I've just had this link in a newsletter, it is certainly relevant to this thread:
What this means, of course, is that operating systems that only support single CPU systems (eg XP Home) will have to be rewritten or replaced with an SMP aware OS to take advantage of the dual core operation.

John
 
I didn't see a mention of that in the article but it stands to reason. I would not be surprised to see some XP Home SMP Edition arrive on the scene though, but surely a Longhorn Home would have this ability from the start. Worst comes to worst, you just use XP Pro.

Relatively few people bother with a full motherboard/CPU upgrade anymore, and would buy a new machine. Since the existing machine with XP Home probably has an OEM license (not transferable to a new machine) there is no impact there.

Those who DO major upgrades to use such a dual-core processor chip would probably be faced with an upgrade to Pro. Wouldn't you think most people inclined to do this are already running Pro though?

So I guess I agree with you but I don't see a major impact. White box OEMs like those in Microsoft's System Builder program would just use another OEM license to keep the cost relatively low.
 
In fact, re reading the article above, its not even that simple. From that article:

article said:
In effect you get two Prescott P4 CPUs each with Hyper Threading (HT) in a single package, which can help boost PC performance when running suitable multithreaded applications - to Windows, the 840 appears as four virtual CPUs.

XP Pro and 2K Pro only support 2 CPUs. For more than that you need a server OS.
With current systems, this means Windows 2000 Server or Windows 2003 Server on the desktop PC just to take full advantage of the new CPUs.
This will of course need to change in the future to accomodate the new generation of CPUs.
The alternative is to disable Hyperthreading features to avoid the need for expensive server operating system licenses.

John
 
jrbarnett:

What this means, of course, is that operating systems that only support single CPU systems (eg XP Home) will have to be rewritten or replaced with an SMP aware OS to take advantage of the dual core operation.

Unless some clever programmer somewhere comes up with code that sits on top of the OS and parses instructions to the different CPUs.
 
I think people running XP Home will be out of luck. AFAIK, it can't even take advantage of hyperthreading.

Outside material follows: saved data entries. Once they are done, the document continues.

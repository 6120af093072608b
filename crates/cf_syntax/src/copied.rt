//! Copies of scopes and classes.

ghost use Rattle.std.specs.Prelude.{◌≡◌, drop, IfOk};

use crate::type_names::{ClassNames, Scope};
use cf_base::Memory;
use std::alloc::Global;

/// The same class, in constant time.
pub fn class(c: &ClassNames) -> Result<ClassNames, Memory>
    ensures { IfOk result (λ made. made ≡ c.now) }
{
    Ok(ClassNames {
        entries: c.entries.copy()?,
        bases: c.bases.another()?,
        is_defined: c.is_defined,
    })
}

fn scope(s: &Scope) -> Result<Scope, Memory>
    ensures { IfOk result (λ made. made ≡ s.now) }
{
    match s {
        Scope::Block(entries) => Ok(Scope::Block(entries.copy()?)),
        Scope::Class(number) => Ok(Scope::Class(*number)),
    }
}

/// The same scopes, in a time that grows with their number alone.
pub fn scopes(alloc: Global, all: &[Scope]) -> Result<Vec<Scope>, Memory>
    ensures { IfOk result (λ made. made.items ≡ all.now) }
{
    let mut made = Vec::new(alloc);
    for one in all {
        made.push(scope(one)?)?;
    }
    Ok(made)
}

/// The same scopes without so many at the front.
pub fn scopes_beyond(alloc: Global, all: &[Scope], count: usize) -> Result<Vec<Scope>, Memory>
    ensures { IfOk result (λ made. made.items ≡ drop count all.now) }
{
    if count < all.len() {
        scopes(alloc, &all[count..])
    } else {
        Ok(Vec::new(alloc))
    }
}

From what I've read, Microsoft is trying to decide what to do with their licensing. They make a lot of money when companies have to step up to Windows Advanced Server because they need to go to 4 CPUs, and I can't see them giving that up. Don't forget that the companies also need to buy SQL Server Advanced edition to run on that 4-cpu box. The regular SQL Server will only recognize 2 cpus.

Chip H.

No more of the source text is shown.